There's a reason for this, though. The word has a vile history. It truly is an ugly word. There is no justification for people to use it. People often want to say that words are just words, but some words carry stigma because of how it was used or abused. It can't be helped. That's just the nature of a living language. I've seen first hand exactly the kind of pain this word can inflict on a person.

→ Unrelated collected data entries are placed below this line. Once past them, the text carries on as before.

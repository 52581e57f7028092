// A BPG file read into a list of numbers, for callers that do not have the record's type.
#![tactic(auto)]

mod file;
mod fixed;

pub use file::read;
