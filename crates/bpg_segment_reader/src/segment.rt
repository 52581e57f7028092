// One segment at its place in a run.
ghost use Rattle.std.specs.Prelude.{◌≡◌, ◌+◌, ◌*◌, ◌≤◌, ◌<◌, length as count, drop, Some, None};
ghost use Rattle.bpg_codec.specs.Select.{select};
ghost use Rattle.bpg_segment_rules.specs.Segments.{opens, field as field_of};
ghost use Rattle.bpg_segment_reader.specs.Places.{PartAt};

// A payload found in a run: from `start` up to `end`, where its segment ends. An absent one is empty and stands where it was looked for: an Option would be
// no plainer, since the search goes on from `end` in both cases.
#[derive(Clone, Copy)]
pub struct Part {
    pub start: usize,
    pub end: usize,
}

impl Part {
    // No payload stands at `at`.
    fn absent(at: usize) -> Part
        ensures { result ≡ record { start = at; end = at } }
    {
        Part { start: at, end: at }
    }
}

// Two bytes, high byte first.
fn number(high: u8, low: u8) -> usize
    ensures { (result ≡ high * 256 + low) × (result < 65536) }
{
    usize::from(high) * 256 + usize::from(low)
}

// The length field of the segment with this marker that stands at `at`, whole.
fn field_at(run: &[u8], at: usize, marker: u8) -> Option<usize>
    requires { at ≤ count run.now }
    ensures { result ≡ select (opens marker (drop at run.now)) (Some (field_of (drop at run.now))) None }
{
    let left = run.len() - at;
    if left < 4 {
        return None;
    }
    if run[at] != 0xff {
        return None;
    }
    if run[at + 1] != marker {
        return None;
    }
    let field = number(run[at + 2], run[at + 3]);
    if field < 2 {
        return None;
    }
    if left - 2 < field {
        return None;
    }
    Some(field)
}

// The payload with this marker and prefix at `at`. An empty one makes no part.
pub(crate) fn part_at(run: &[u8], at: usize, marker: u8, prefix: &[u8]) -> Part
    requires at_bound { at ≤ count run.now }
    requires prefix_bound { count prefix.now ≤ 65533 }
    ensures { PartAt run.now at marker prefix.now result }
{
    let size = prefix.len();
    let Some(field) = field_at(run, at, marker) else {
        return Part::absent(at);
    };
    if field < size + 3 {
        return Part::absent(at);
    }
    let start = at + 4 + size;
    let same = &run[at + 4..start] == prefix;
    if !same {
        return Part::absent(at);
    }
    Part {
        start,
        end: at + 2 + field,
    }
}
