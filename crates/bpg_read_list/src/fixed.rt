// The numbers that the list of every accepted file has, from its survey.
ghost use Rattle.std.specs.Prelude.{◌≡◌, [], ◌∷◌, ◌≤◌, ◌-◌, length as count};
ghost use Rattle.bpg_codec.specs.Buffer.{written};
ghost use Rattle.bpg_export_list.specs.Numbers.{data_start, fixed_length};
ghost use Rattle.bpg_read_list.specs.Surveyed.{first_numbers, survey_numbers};

use bpg_export_list::{ALPHA, COLOR, DATA, put, put_header};
use bpg_read_animation::animation;
use bpg_read_animation::animation::Animation;
use bpg_read_head::head::Head;
use bpg_read_survey::FileSurvey;
use bpg_reader::coded_size;

// The head's fields, and the loop numbers. Casts and not `u64::from`, here and below, which would be a call for each number to follow in the proof.
fn put_first(out: &mut [u64], head: Head, control: Option<Animation>)
    ensures { out.new ≡ written out.old 0 (first_numbers head control) }
{
    let flags = head.flags;
    let animation = control.unwrap_or(animation::none());
    let part = [
        flags.pixel_format as u64,
        flags.alpha1_flag as u64,
        flags.bit_depth_minus_8 as u64,
        flags.color_space as u64,
        flags.extension_present_flag as u64,
        flags.alpha2_flag as u64,
        flags.limited_range_flag as u64,
        flags.animation_flag as u64,
        head.picture_width as u64,
        head.picture_height as u64,
        (head.data_length != 0) as u64,
        animation.loop_count as u64,
        animation.frame_period_num as u64,
        animation.frame_period_den as u64,
    ];
    put(out, 0, &part);
}

// The data range, the coded size and the number of entries.
fn put_last(
    out: &mut [u64],
    start: usize,
    length: usize,
    coded_width: u64,
    coded_height: u64,
    entry_count: u32,
)
    ensures { out.new ≡ written out.old data_start (start ∷ length ∷ coded_width ∷ coded_height ∷ entry_count ∷ []) }
{
    let part = [
        start as u64,
        length as u64,
        coded_width,
        coded_height,
        entry_count as u64,
    ];
    put(out, DATA, &part);
}

// All of them, from the start of `out`, for a file of `len` bytes.
pub(crate) fn put_fixed(out: &mut [u64], len: usize, found: FileSurvey)
    requires fixed_length_bound { fixed_length ≤ count out.old }
    requires next_le_len { found.rest.headers.next.0 ≤ len }
    requires log2_min_luma_coding_block_size_minus3_bound { found.rest.headers.value.color.log2_min_luma_coding_block_size_minus3 ≤ 3 }
    ensures out_after { out.new ≡ written out.old 0 (survey_numbers len found) }
    ensures found_value { count (survey_numbers len found) ≡ fixed_length }
{
    let head = found.head;
    let block = found.rest.block;
    let headers = found.rest.headers.value;
    let start = found.rest.headers.next.0;
    let log2_size = headers.color.log2_min_luma_coding_block_size_minus3 + 3;
    let coded_width = coded_size(head.picture_width, log2_size);
    let coded_height = coded_size(head.picture_height, log2_size);
    put_first(out, head, block.animation);
    put_header(out, ALPHA, headers.alpha);
    put_header(out, COLOR, headers.color);
    put_last(
        out,
        start,
        len - start,
        coded_width,
        coded_height,
        block.entry_count,
    );
}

When I was in the Navy, stationed in Norfolk, Virginia in the mid-1990s, I had met a fellow church member who was also in the Navy (who became one of my best friends, Nathan). He was friends with an Army guy who was a white supremacist. I learned first hand when the three of us went to the Navy Exchange one day. While driving in the parking lot, Nathan didn't see a young African American lady in the crosswalk. His soldier friend yelled out, "Watch out for the nigger!" Since this was summer and Nathan's truck did not have air condition, we had our windows rolled down. The woman just stared at us and I could see the hurt and pain in her eyes. She obviously heard the comment. I was horrified and wanted to apologize to her. As she crossed in front of the truck, Nathan's friend continued, "You almost hit that nigger bitch!" Based on those two comments, I knew that I would not hang out with this guy anymore. There was no reason to use those terms to describe a person. And that's the thing, the lady was a human being. Racial epithets are designed to dehumanize a person. When a person is dehumanized, it makes it much easier for someone to override their natural born conscience and do atrocious things to them, as we've seen in My Lai, Vietnam; Abu Ghraib prison in Baghdad; and Guantanamo Bay, Cuba. If one sees another as a "gook", "spic", "raghead", "nigger", "cunt", or "injun", its a license for abuse.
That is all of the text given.